Jan Goedgebeur (KU Leuven, Belgium): An introduction to computational graph theory and generation algorithms
Computers are often used in combinatorics to determine if combinatorial objects with given structural or extremal properties exist as these existence problems are often too complex to solve by hand. This is done by designing and implementing generation algorithms which construct combinatorial objects from a given class (typically avoiding the generation of isomorphic copies) and analysing the resulting objects.
In this talk we will give an introduction to computational graph theory and the design of generation algorithms in particular. We will also give concrete examples of how these generation algorithms have helped to gain new insights and solve problems in mathematics and in chemistry.
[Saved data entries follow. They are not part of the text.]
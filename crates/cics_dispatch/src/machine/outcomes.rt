//! Results of the calls of a region.

ghost use Rattle.std.specs.Prelude.{◌≡◌};
ghost use Rattle.cics_dispatch.specs.Machine.Refusals.{refusal_number};

use cics_history::UnitId;
use cics_names::{AbendCode, Condition, Name8, NoMemory, Record};
use cics_units::Op;

/// The number that a reply carries.
#[derive(Clone, Copy, PartialEq, Eq)]
pub enum Number {
    /// The number of an item of temporary storage, from 1 on.
    Item(u64),
    /// The number of the records that DELETE GENERIC deleted, from 1 on.
    Numrec(u64),
}

/// What a command was answered.
#[derive(PartialEq, Eq, Drop)]
pub struct Reply {
    /// The condition. The other fields have something only at NORMAL, and at LENGERR if the content
    /// is longer than LENGTH.
    pub condition: Condition,
    /// The key of the record that a browse gave.
    pub key: Option<Record>,
    /// The record or item that was read, at LENGERR its first bytes.
    pub content: Option<Record>,
    /// The number of the item that was read or written, or of the records that DELETE GENERIC
    /// deleted.
    pub number: Option<Number>,
}

/// The outcome of a command.
#[derive(PartialEq, Eq, Drop)]
pub enum Outcome {
    /// The task goes on with this reply.
    Replied(Reply),
    /// The command waits, and nothing of it was executed. The label is that of the task whose unit
    /// of work blocks it.
    Waiting(Name8),
    /// The task has ended with this code, and its unit of work is backed out. The reply is the one
    /// whose condition nothing handled. ABEND has none.
    Abended(AbendCode, Option<Reply>),
    /// The task has ended by RETURN.
    Ended,
}

/// How a unit of work ends.
#[derive(Clone, Copy)]
pub enum UnitEnding {
    /// It is committed.
    Commit,
    /// It is backed out.
    Backout,
}

/// The result of trying a command.
#[derive(Drop)]
pub enum Attempt {
    /// The command was executed, and its task is told this.
    Told(Outcome),
    /// This open unit blocks the command, of which nothing was executed. The updating command that
    /// it asks for is returned as it was given.
    MustWait(UnitId, Option<Op>),
}

/// A waiting command that resumed.
#[derive(PartialEq, Eq, Drop)]
pub struct Woken {
    /// The label of its task.
    pub label: Name8,
    /// Its outcome, which is never `Waiting`.
    pub outcome: Outcome,
}

/// A task that has waited too long, and was abended.
#[derive(Clone, Copy, PartialEq, Eq)]
pub struct Expired {
    /// The label of the task.
    pub label: Name8,
    /// The code of its abend.
    pub code: AbendCode,
}

/// Why a call of a region was refused. A refused call changes nothing.
#[derive(Clone, Copy, Debug, PartialEq, Eq)]
pub enum Refused {
    /// Memory was refused.
    NoMemory,
    /// No task has the label.
    NoTask,
    /// A command of the task waits.
    TaskWaiting,
    /// The task has ended.
    TaskEnded,
    /// A task has or had the label.
    DuplicateLabel,
    /// The clock would go back.
    ClockBack,
    /// The region is shut down. This comes before every other refusal.
    RegionDown,
}

impl Refused {
    /// Returns the number of the refusal, from 1 on, that a journal prints.
    pub fn number(&self) -> u64
        ensures { result ≡ refusal_number self.now }
    {
        match self {
            Refused::NoMemory => 1,
            Refused::NoTask => 2,
            Refused::TaskWaiting => 3,
            Refused::TaskEnded => 4,
            Refused::DuplicateLabel => 5,
            Refused::ClockBack => 6,
            Refused::RegionDown => 7,
        }
    }
}

impl From<NoMemory> for Refused {
    ghost use Rattle.std.specs.Prelude.{◌≡◌};
    ghost use Rattle.cics_dispatch.specs.declared.machine.outcomes.Refused.TheVariants.{};
    ghost use Rattle.cics_dispatch.specs.declared.machine.outcomes.Refused.TheVariants.{NoMemory as Wanting};

    ghost from_gives = { λ _ refusal. refusal ≡ Wanting };

    fn from(_want: NoMemory) -> Refused {
        Refused::NoMemory
    }
}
Jan Goedgebeur is an assistant professor in the Department of Computer Science at KU Leuven. He obtained his PhD in Computer Science at Ghent University and was a postdoc at Ghent University and Université de Mons and also spent some time at the Australian National University.
His research is in algorithmic and computational graph theory. His main research interest is the design and efficient implementation of algorithms to solve problems from graph theory and related areas which are too complex to handle by hand.
Andrej Lúčny (Comenius University, Bratislava, Slovakia): Towards one-shot Learning via Attention
Though the deep neural networks enabled us to create systems that would be incredible ten years ago, still most of them learn gradually and offline. We introduce an approach to how to overcome this limitation. We have implemented it by the well-known attention mechanism that transforms one latent space into another using a list of key-value pairs defining the correspondence between points in the two spaces. We can express any point in the first space as a mixture of keys and map it to a point in the second space that is an analogical mixture of values. While encoders and decoders of the two spaces we train only gradually, the keys and values of the transformation we can extend online so that we constantly only improve the mapping quality, achieving the perfect mapping of the current situation immediately. We demonstrate our approach to the simplified imitation task in the human-robot interaction, mapping the representations of the seen body and the robot's body.
Andrej Lucny has obtained his Ph.D. degree from the Department of Applied informatics of the Faculty of Mathematics, Physics, and Informatics at the Comenius University in Bratislava. He deals with architectures for integrating artificial intelligence methods in robotics and computer vision domains.